*** Entries supplied Section Begins ***

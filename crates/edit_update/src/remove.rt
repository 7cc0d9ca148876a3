//! Removes entries from their tables.
ghost use Rattle.std.specs.Prelude.{◌≡◌, ◌⊎◌, ℕ, List, None, IfErr, IfOk, OnOk, map, option_map, string_bytes};
ghost use Rattle.edit_base.specs.Errors.{IsMemory};
ghost use Rattle.edit_base.specs.declared.errors.Error.TheVariants.{EditRefused};
ghost use Rattle.edit_tree.specs.Assertions.{Place as PlaceSeen, at, key};
ghost use Rattle.edit_document.specs.ItemViews.{Finds};
ghost use Rattle.edit_document.specs.Items.{place_view};
ghost use Rattle.edit_tree.specs.DocumentViews.{DocumentViews, tree_of};
ghost use Rattle.edit_update.specs.Removals.{HasFailedRemoval, IsTextWithout};
ghost use Rattle.edit_update.specs.RemovedEntries.{IsEntryRemovalError, NamesEntry, NamesStep, RemovesEntry, empty_table_place, entry_of, is_empty_table, missing_table};
ghost use Rattle.edit_manifest.specs.Tables.{is_table_like, place_of_keys};

use edit_base::errors::{CargoResult, Error};
use edit_changes::DocumentExt;
use edit_document::{Document, Item, Place, Step, member_place};
use edit_manifest::key_places::item_below;
use std::alloc::{AllocError, Global};

/// Whether an item is a table or an inline table.
fn is_table(item: Option<Item>) -> bool
    ensures { (d : DocumentViews) → (place : PlaceSeen) → Finds d place item.entry
        → result ≡ is_table_like (tree_of d place) }
{
    match item {
        Some(item) => item.is_table_like(),
        None => false,
    }
}

/// The first of these keys that does not lead to a table. It allocates no memory.
fn missing_table<'p>(document: &Document, table_path: &'p [String]) -> Option<&'p str>
    ensures { option_map (λ s. s.now) result
        ≡ missing_table (tree_of document.now) (map string_bytes table_path.now) }
{
    let mut item = document.item(&[]);
    'steps: for step in table_path {
        item = item_below(document, item, step.as_str());
        if !is_table(item) {
            return Some(step.as_str());
        }
    }
    None
}

/// The place that these keys lead to from the root.
fn path_place(alloc: Global, table_path: &[String]) -> Result<Place, AllocError>
    ensures ok { IfOk result (λ p. place_view p.items ≡ place_of_keys (map string_bytes table_path.now)) }
{
    let mut place = Vec::with_capacity(alloc, table_path.len())?;
    'steps: for step in table_path {
        let name = String::from_str(alloc, step.as_str())?;
        place.push(Step::Key(name))?;
    }
    Ok(place)
}

/// Returns `Error::NoTable` for a key.
fn no_table(alloc: Global, step: &str) -> Error
    ensures { IsMemory result ⊎ NamesStep step.now result }
{
    match String::from_str(alloc, step) {
        Ok(step) => Error::NoTable { step },
        Err(error) => Error::from(error),
    }
}

/// Returns `Error::NoDependency` for an entry and the path of its table.
fn no_entry(alloc: Global, table_path: &[String], name: &str) -> Error
    ensures { IsMemory result ⊎ NamesEntry (map string_bytes table_path.now) name.now result }
{
    let Ok(name) = String::from_str(alloc, name) else {
        return Error::Memory;
    };
    match table_path.join(alloc, ".") {
        Ok(path) => Error::NoDependency { name, path },
        Err(error) => Error::from(error),
    }
}

/// Removes a table if it is empty; the root stays.
fn remove_empty_table(alloc: Global, document: &mut Document, table: &[Step]) -> CargoResult<()>
    ensures without { OnOk result (IsTextWithout
        (empty_table_place (tree_of document.old) (place_view table.now))
        document.old.bytes document.new.bytes) }
    ensures gone { OnOk result ((path : List (List ℕ)) → (name : List ℕ)
        → place_view table.now ≡ place_of_keys path
        → tree_of document.old (at (place_view table.now) (key name)) ≡ None
        → tree_of document.new (at (place_view table.now) (key name)) ≡ None) }
    ensures error { IfErr result (λ e. IsMemory e ⊎ ((e ≡ EditRefused)
        × HasFailedRemoval (empty_table_place (tree_of document.old)
        (place_view table.now)) document.old.bytes)) }
{
    document.lemma_form();
    if table.is_empty() {
        return Ok(());
    }
    if !is_empty_table(document.item(table)) {
        return Ok(());
    }
    document.remove(alloc, table)?;
    document.lemma_form();
    Ok(())
}

/// Whether an item is an empty table or inline table.
fn is_empty_table(item: Option<Item>) -> bool
    ensures { (d : DocumentViews) → (place : PlaceSeen) → Finds d place item.entry
        → result ≡ is_empty_table (tree_of d place) }
{
    match item {
        Some(item) => item.is_table_like() && item.len() == 0,
        None => false,
    }
}

/// Removes an entry from a table in a copy of the document, and the table too if that leaves it empty.
pub(crate) fn remove_table_entry(
    alloc: Global,
    document: &Document,
    table_path: &[String],
    name: &str,
) -> CargoResult<Document>
    ensures text { IfOk result (λ d. RemovesEntry (map string_bytes table_path.now) name.now document.now d) }
    ensures gone { IfOk result
        (λ d. tree_of d (entry_of (map string_bytes table_path.now) name.now) ≡ None) }
    ensures error { IfErr result
        (IsEntryRemovalError (map string_bytes table_path.now) name.now document.now) }
{
    if let Some(step) = missing_table(document, table_path) {
        return Err(no_table(alloc, step));
    }
    let table = path_place(alloc, table_path)?;
    let entry = member_place(alloc, &table, name)?;
    if document.item(&entry).is_none() {
        return Err(no_entry(alloc, table_path, name));
    }
    document.lemma_form();
    let mut left = document.try_clone(alloc)?;
    left.remove(alloc, &entry)?;
    left.lemma_form();
    remove_empty_table(alloc, &mut left, &table)?;
    Ok(left)
}
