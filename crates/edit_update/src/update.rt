//! Updates an entry from a `Dependency`.
ghost use Rattle.std.specs.Prelude.{◌≡◌, ◌⊎◌, ◌≤◌, ◌&&◌, length, None, Some, IfOk, IfErr};
ghost use Rattle.std.specs.List.{filter_map};
ghost use Rattle.edit_base.specs.Errors.{IsMemory};
ghost use Rattle.edit_base.specs.declared.errors.Error.TheVariants.{EditRefused};
ghost use Rattle.edit_tree.specs.EditBytes.{is_one_statement};
ghost use Rattle.edit_document.specs.Forms.{Becomes, IfDocument};
ghost use Rattle.edit_document.specs.Items.{place_view};
ghost use Rattle.edit_document.specs.ItemViews.{view_of};
ghost use Rattle.edit_document.specs.NewItemViews.{new_value_view};
ghost use Rattle.edit_tree.specs.DocumentViews.{tree_of};
ghost use Rattle.edit_update.specs.FinalValueViews.{final_values_view};
ghost use Rattle.edit_update.specs.EntryUpdates.{has_single_key, removal_of, removes, write_of, writes};
ghost use Rattle.edit_record.specs.RecordViews.{record_view};
ghost use Rattle.edit_update.specs.UpdatedTexts.{ChangeFails, Changed, HasChanged, OneFails, Updated, UpdateFails, changed_text};

use crate::final_values::{FinalValue, final_values_of};
use edit_base::errors::CargoResult;
use edit_changes::DocumentExt;
use edit_document::{Document, Item, NewValue, Step, member_place};
use edit_record::Dependency;
use std::alloc::Global;

/// Writes a key of an entry: an existing value is replaced, and a missing key is inserted.
fn write_member(
    alloc: Global,
    document: &mut Document,
    entry: &[Step],
    name: &str,
    value: &NewValue,
) -> CargoResult<()>
    requires room { length entry.now ≤ 70 }
    ensures bytes { IfOk result (λ _. Becomes document.old.bytes (changed_text (place_view entry.now)
        (writes name.now (new_value_view value.now))) document.new.bytes) }
    ensures tree { IfOk result (λ _. IfDocument document.old.bytes (λ form. HasChanged (place_view entry.now)
        (writes name.now (new_value_view value.now)) form (tree_of document.old) (tree_of document.new))) }
    ensures error { IfErr result (λ e. IsMemory e ⊎ ((e ≡ EditRefused) × ChangeFails
        (place_view entry.now) (writes name.now (new_value_view value.now)) document.old.bytes)) }
{
    document.lemma_form();
    let place = member_place(alloc, entry, name)?;
    if document.is_value(&place) {
        return document.set_value(alloc, &place, value);
    }
    if document.item(&place).is_some() {
        return Ok(());
    }
    document.insert(alloc, entry, name, value)
}

/// Removes a key of an entry, if it is there.
fn remove_member(
    alloc: Global,
    document: &mut Document,
    entry: &[Step],
    name: &str,
) -> CargoResult<()>
    ensures bytes { IfOk result (λ _. Becomes document.old.bytes (changed_text (place_view entry.now)
        (removes name.now)) document.new.bytes) }
    ensures tree { IfOk result (λ _. IfDocument document.old.bytes (λ form. HasChanged (place_view entry.now)
        (removes name.now) form (tree_of document.old) (tree_of document.new))) }
    ensures error { IfErr result (λ e. IsMemory e ⊎ ((e ≡ EditRefused)
        × ChangeFails (place_view entry.now) (removes name.now) document.old.bytes)) }
{
    document.lemma_form();
    let place = member_place(alloc, entry, name)?;
    if document.item(&place).is_none() {
        return Ok(());
    }
    document.remove(alloc, &place)
}

/// Writes each key that has a final value.
fn write_members(
    alloc: Global,
    document: &mut Document,
    entry: &[Step],
    ends: &[FinalValue],
) -> CargoResult<()>
    requires room { length entry.now ≤ 70 }
    ensures changed { IfOk result (λ _. Changed (place_view entry.now)
        (filter_map write_of (final_values_view ends.now)) document.old.bytes document.new.bytes) }
    ensures error { IfErr result (λ e. IsMemory e ⊎ ((e ≡ EditRefused) × OneFails
        (place_view entry.now) (filter_map write_of (final_values_view ends.now)) document.old.bytes)) }
{
    'ends: for end in ends {
        document.lemma_form();
        if let Some(value) = &end.value {
            write_member(alloc, document, entry, end.name, value)?;
            document.lemma_form();
        }
    }
    Ok(())
}

/// Removes each key that has no final value.
fn remove_members(
    alloc: Global,
    document: &mut Document,
    entry: &[Step],
    ends: &[FinalValue],
) -> CargoResult<()>
    ensures changed { IfOk result (λ _. Changed (place_view entry.now)
        (filter_map removal_of (final_values_view ends.now)) document.old.bytes document.new.bytes) }
    ensures error { IfErr result (λ e. IsMemory e ⊎ ((e ≡ EditRefused) × OneFails
        (place_view entry.now) (filter_map removal_of (final_values_view ends.now)) document.old.bytes)) }
{
    'ends: for end in ends {
        document.lemma_form();
        if end.value.is_none() {
            remove_member(alloc, document, entry, end.name)?;
            document.lemma_form();
        }
    }
    Ok(())
}

/// Whether an entry is a string, or a table with a single key.
fn has_single_key(entry: Item<'_>) -> bool
    ensures { result ≡ has_single_key (Some (view_of entry.entry)) }
{
    entry.is_str() || (entry.is_table_like() && entry.len() == 1)
}

/// Whether the entry at a place is replaced as a whole: it is a string or a table with a single key, and is
/// defined by a single key/value pair.
fn is_replaced(document: &Document, place: &[Step], entry: Item<'_>) -> bool
    ensures { IfDocument document.now.bytes (λ form. result ≡ (is_one_statement form
        (place_view place.now) && has_single_key (Some (view_of entry.entry)))) }
{
    document.one_statement(place) && has_single_key(entry)
}

/// Updates an entry in a document that may be left incomplete after an error.
fn update_copy(
    dependency: &Dependency,
    alloc: Global,
    crate_root: &str,
    document: &mut Document,
    entry: &[Step],
) -> CargoResult<()>
    requires item { tree_of document.old (place_view entry.now) ≡ None → ⊥ }
    requires room { length entry.now ≤ 70 }
    ensures text { IfOk result (λ _. Updated (place_view entry.now) crate_root.now
        (record_view dependency.now)
        document.old.bytes document.new.bytes) }
    ensures error { IfErr result (λ e. IsMemory e ⊎ ((e ≡ EditRefused) × UpdateFails
        (place_view entry.now) crate_root.now (record_view dependency.now) document.old.bytes)) }
{
    document.lemma_form();
    let Some(item) = document.item(entry) else {
        unreachable!()
    };
    if is_replaced(document, entry, item) {
        let new = dependency.to_toml(alloc, crate_root)?;
        document.replace_entry(alloc, entry, &new)?;
        document.lemma_form();
        return Ok(());
    }
    let ends = final_values_of(dependency, alloc, crate_root, item)?;
    write_members(alloc, document, entry, ends.as_slice())?;
    remove_members(alloc, document, entry, ends.as_slice())
}

/// Updates of an entry from a dependency.
pub trait DependencyExt {
    /// Updates the entry at a place from this dependency, in a manifest of the folder `crate_root`. That
    /// folder and the path of a source have to be absolute, the folder without a segment `..`; the entry has
    /// to be a string or a table, and a member of its table.
    ///
    /// A string, or a table with a single key that no header defines, is replaced by the result of
    /// `to_toml`. In any other table, keys are written and then removed, and everything else is unchanged:
    /// the keys of the source and of other kinds of sources, `registry` with a version, `package` under
    /// another key, `default-features`, `features` (those of the entry, then those of the dependency,
    /// without duplicates) and `optional`. An existing value gets a new literal. Without a source, the keys
    /// of sources are unchanged.
    ///
    /// After an error the document is unchanged.
    fn update_toml(
        &self,
        alloc: Global,
        crate_root: &str,
        document: &mut Document,
        entry: &[Step],
    ) -> CargoResult<()>
        requires item { tree_of document.old (place_view entry.now) ≡ None → ⊥ }
        requires room { length entry.now ≤ 70 };
}

impl DependencyExt for Dependency {
    fn update_toml(
        &self,
        alloc: Global,
        crate_root: &str,
        document: &mut Document,
        entry: &[Step],
    ) -> CargoResult<()>
        requires item { tree_of document.old (place_view entry.now) ≡ None → ⊥ }
        requires room { length entry.now ≤ 70 }
        ensures text { IfOk result (λ _. Updated (place_view entry.now) crate_root.now (record_view self.now)
            document.old.bytes document.new.bytes) }
        ensures err { IfErr result (λ _. document.new ≡ document.old) }
        ensures error { IfErr result (λ e. IsMemory e ⊎ ((e ≡ EditRefused) × UpdateFails
            (place_view entry.now) crate_root.now (record_view self.now) document.old.bytes)) }
    {
        let mut copy = document.try_clone(alloc)?;
        update_copy(self, alloc, crate_root, &mut copy, entry)?;
        *document = copy;
        Ok(())
    }
}
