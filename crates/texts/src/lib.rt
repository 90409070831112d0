// Numbers as bytes, high byte first, and the text of which a line's MAC is made.
#![tactic(auto)]

ghost use Rattle.std.specs.Prelude.{◌≡◌, ◌∷◌, ◌++◌, ◌+◌, ◌≤◌, length};
ghost use Rattle.lists.specs.Parts.{part_at};
ghost use Rattle.lists.specs.Words.{big, big_bytes};

// The sixteen bytes of two words, the first one high.
pub fn pair(hi: u64, lo: u64) -> [u8; 16]
    ensures { result ≡ big_bytes 8 hi ++ big_bytes 8 lo }
{
    let mut bytes = [0u8; 16];
    bytes[..8].copy_from_slice(&hi.to_be_bytes());
    bytes[8..].copy_from_slice(&lo.to_be_bytes());
    bytes
}

// Lays down what is signed of a line: a byte, the address and the bytes.
// Kept: `out` is lent, since an array as the result would ask of its callers that the length be a constant.
pub fn signed_text(prefix: u8, address: u64, bytes: &[u8], out: &mut [u8])
    requires { length out.old ≡ 9 + length bytes.now }
    ensures { out.new ≡ prefix ∷ (big_bytes 8 address ++ bytes.now) }
{
    out[0] = prefix;
    out[1..9].copy_from_slice(&address.to_be_bytes());
    out[9..].copy_from_slice(bytes);
}

// The word of eight bytes, high first, from place k on.
pub fn word_at(s: &[u8], k: usize) -> u64
    requires { k + 8 ≤ length s.now }
    ensures { result ≡ big (part_at k 8 s.now) }
{
    let mut bytes = [0u8; 8];
    bytes.copy_from_slice(&s[k..k + 8]);
    u64::from_be_bytes(bytes)
}
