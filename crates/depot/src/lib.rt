// The depot's calls: a code line is signed, a data line sealed or opened, in its buffer, under a given DRK and address.
//
// Each refuses by the lowest refusal that applies, 106, 107 or 109 as document 01 numbers them; a refusal writes
// nothing.
#![tactic(auto)]

ghost use Rattle.std.specs.Prelude.{◌≡◌, []};
ghost use Rattle.sealing.specs.Lines.{drk_in};
ghost use Rattle.ciphers.specs.Cipher.{aes_cipher};
ghost use Rattle.instructions.specs.Depot.{depot_sign, depot_seal, depot_open};
ghost use Rattle.answers.specs.Numbers.{refusal_in};
ghost use Rattle.depot.specs.Answer.{gave};

use answers::refusals::Refusal;
use sealing::Drk;

// Signs a code line: the MAC of its first 48 bytes goes into its last 16.
#[tactic(auto, using(std::proofs::lemmas::Bool::Decides::nat_tests), unfolding(instructions::specs::Depot::depot_sign, instructions::specs::Refusals::buffer_flaws))]
pub fn sign(drk: Drk, address: u64, line: &mut [u8]) -> Result<(), Refusal>
    ensures { gave (refusal_in result) line.new [] ≡ depot_sign aes_cipher (drk_in drk) address line.old }
{
    if address % 64 != 0 {
        return Err(Refusal::NoSuchLine);
    }
    if line.len() != 64 {
        return Err(Refusal::BufferSize);
    }
    let mac = drk.code_mac(address, &line[..48]);
    line[48..].copy_from_slice(&mac);
    Ok(())
}

// Seals a data line, and puts the MAC of its encrypted bytes into mac.
#[tactic(auto, using(std::proofs::lemmas::Bool::Decides::nat_tests), unfolding(instructions::specs::Depot::depot_seal, instructions::specs::Depot::depot_flaws, instructions::specs::Refusals::buffer_flaws))]
pub fn seal(drk: Drk, address: u64, line: &mut [u8], mac: &mut [u8]) -> Result<(), Refusal>
    ensures { gave (refusal_in result) line.new mac.new
        ≡ depot_seal aes_cipher (drk_in drk) address line.old mac.old }
{
    if address % 64 != 0 {
        return Err(Refusal::NoSuchLine);
    }
    if line.len() != 64 || mac.len() != 16 {
        return Err(Refusal::BufferSize);
    }
    drk.seal(address, line);
    mac.copy_from_slice(&drk.data_mac(address, line));
    Ok(())
}

// Opens a sealed data line whose MAC is right.
#[tactic(auto, using(std::proofs::lemmas::Bool::Decides::nat_tests), unfolding(instructions::specs::Depot::depot_open, instructions::specs::Depot::depot_flaws, instructions::specs::Refusals::buffer_flaws))]
pub fn open_line(drk: Drk, address: u64, line: &mut [u8], mac: &[u8]) -> Result<(), Refusal>
    ensures { gave (refusal_in result) line.new mac.now
        ≡ depot_open aes_cipher (drk_in drk) address line.old mac.now }
{
    if address % 64 != 0 {
        return Err(Refusal::NoSuchLine);
    }
    if line.len() != 64 || mac.len() != 16 {
        return Err(Refusal::BufferSize);
    }
    if drk.data_mac(address, line).as_slice() != mac {
        return Err(Refusal::MacWrong);
    }
    drk.unseal(address, line);
    Ok(())
}
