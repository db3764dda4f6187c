// The uniform profile: whether an entry may live in a uniform buffer. Upward from entry 0, each entry is told the lowest broken one among
// it and those that it reaches.
#![tactic(auto)]

ghost use Rattle.std.specs.Prelude.{◌≡◌, true, List, ℕ, ◌*◌, ◌<◌, length};
ghost use Rattle.wgsl.specs.Types.{Ty, everywhere};
ghost use Rattle.wgsl.specs.Rule.{is_well_formed};
ghost use Rattle.wgsl.specs.Uniform.{may_live, uniform_call};
ghost use Rattle.layout_values.specs.Value.{value_of};
ghost use Rattle.walk_shapes.specs.Basis.{Basis};
ghost use Rattle.walk_decide.specs.Meant.{Meant};
ghost use Rattle.uniform.specs.Lowest.{types_at, TypesInside, lowest_among, refers_by, RefersInside, lowest_by, LowestAsks, verdict_of, IsLowest};
ghost use Rattle.said.specs.Answer.{said};

use file::fields::member_at;
use file::kinds::{STRUCT, is_scalar};
use file::trailer::check_trailer;
use layout_table::{Ground, find};
use layout_values::value::{Value, blank, value_at};
use said::refusal::Refusal;
use uniform_rules::keeps;
use walk_decide::allow;

// What stands for an entry where none is broken.
const NO_ENTRY: u32 = 256;

// The lowest number told of the types of a struct's members; `l` is its value.
fn lowest_member(members: &[u8], told: &[u32], l: Value) -> u32
    requires { TypesInside members.now (length told.now) l.stride l.count (l.reference * l.stride) }
    ensures { result ≡ lowest_among told.now (types_at members.now l.stride l.count (l.reference * l.stride)) }
{
    let length = l.stride as usize;
    let first = l.reference as usize * length;
    let mut low = NO_ENTRY;
    for i in 0..l.count as usize {
        let ty = member_at(members, first + length * i).ty as usize;
        low = low.min(told[ty]);
    }
    low
}

// The lowest number told of what an entry of the value `l` refers to.
#[tactic(auto, unfolding(crate::specs::Lowest::refers_by, crate::specs::Lowest::lowest_among))]
fn lowest_below(members: &[u8], told: &[u32], l: Value) -> u32
    requires { RefersInside members.now (length told.now) l }
    ensures { result ≡ lowest_among told.now (refers_by members.now l) }
{
    if is_scalar(l.kind) {
        return NO_ENTRY;
    }
    if l.kind == STRUCT {
        return lowest_member(members, told, l);
    }
    let below = l.reference as usize;
    NO_ENTRY.min(told[below])
}

// The lowest broken one among entry `k` and those that it reaches, which are lower.
#[tactic(auto, unfolding(crate::specs::Lowest::lowest_by))]
fn lowest_at(members: &[u8], table: &[Value], told: &[u32], k: usize) -> u32
    requires { LowestAsks members.now table.now (length told.now) k }
    ensures { result ≡ lowest_by members.now table.now told.now k }
{
    let l = value_at(table, k);
    let low = lowest_below(members, told, l);
    if low < NO_ENTRY {
        return low;
    }
    if keeps(members, table, l) {
        return NO_ENTRY;
    }
    k as u32
}

// The same of entry `e` of an accepted file, with nothing told before.
fn lowest_broken(members: &[u8], table: &[Value], e: usize) -> u32
    requires { (f : List ℕ) × (ts : List Ty) × Basis f ts members.now table.now × (e < length ts) }
    ensures { (f : List ℕ) (ts : List Ty) → Basis f ts members.now table.now → e < length ts → IsLowest f ts e result }
{
    let mut told = [NO_ENTRY; 256];
    for k in 0..e + 1 {
        told[k] = lowest_at(members, table, &told, k);
    }
    told[e]
}

// 9, for open types too, and 10; `l` is the value of the entry's type.
#[tactic(auto, using(crate::proofs::MayLive::no_size, crate::proofs::MayLive::some_size))]
fn may_live(l: Value) -> Result<(), Refusal>
    ensures { (t : Ty) → l ≡ value_of l.stride l.reference t → everywhere is_well_formed t ≡ true → said result ≡ may_live t }
{
    if l.size == 0 {
        return Err(Refusal::Absent);
    }
    allow(l, 0, true)
}

// 19, where an entry is broken.
#[tactic(auto, unfolding(crate::specs::Lowest::verdict_of))]
fn verdict(low: u32) -> Result<u32, Refusal>
    ensures { said result ≡ verdict_of low }
{
    if low == NO_ENTRY {
        return Ok(0);
    }
    Err(Refusal::NotUniform(low as usize))
}

// 9, 10 and 19, of entry `e`, which is found in the table.
fn uniform_at(file: &[u8], e: usize, g: Ground, table: &[Value]) -> Result<u32, Refusal>
    requires { (t : Ty) × Meant file.now e g table.now t }
    ensures { (t : Ty) → Meant file.now e g table.now t → said result ≡ uniform_call file.now e }
{
    may_live(g.value)?;
    verdict(lowest_broken(&file[g.start..g.end], table, e))
}

// Whether entry `entry` may live in a uniform buffer: 0, or what is in the way.
// Refuses 1 to 7, 24 (file), 8, 9 (no layout, or open), 10, 19 (the lowest entry, of it and those that it reaches, that breaks a rule).
pub fn uniform(file: &[u8], entry: u32) -> Result<u32, Refusal>
    ensures { said result ≡ uniform_call file.now entry }
{
    let trailer = check_trailer(file)?;
    let mut table = blank();
    let found = find(file, trailer, entry, &mut table)?;
    uniform_at(file, entry as usize, found, &table)
}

*** Entries supplied Section Ends ***

» **Goal of the exercise**
Where does "these" appear in the records above? Copy each line that holds it.

» **Response below**
/// The first of these keys that does not lead to a table. It allocates no memory.
/// The place that these keys lead to from the root.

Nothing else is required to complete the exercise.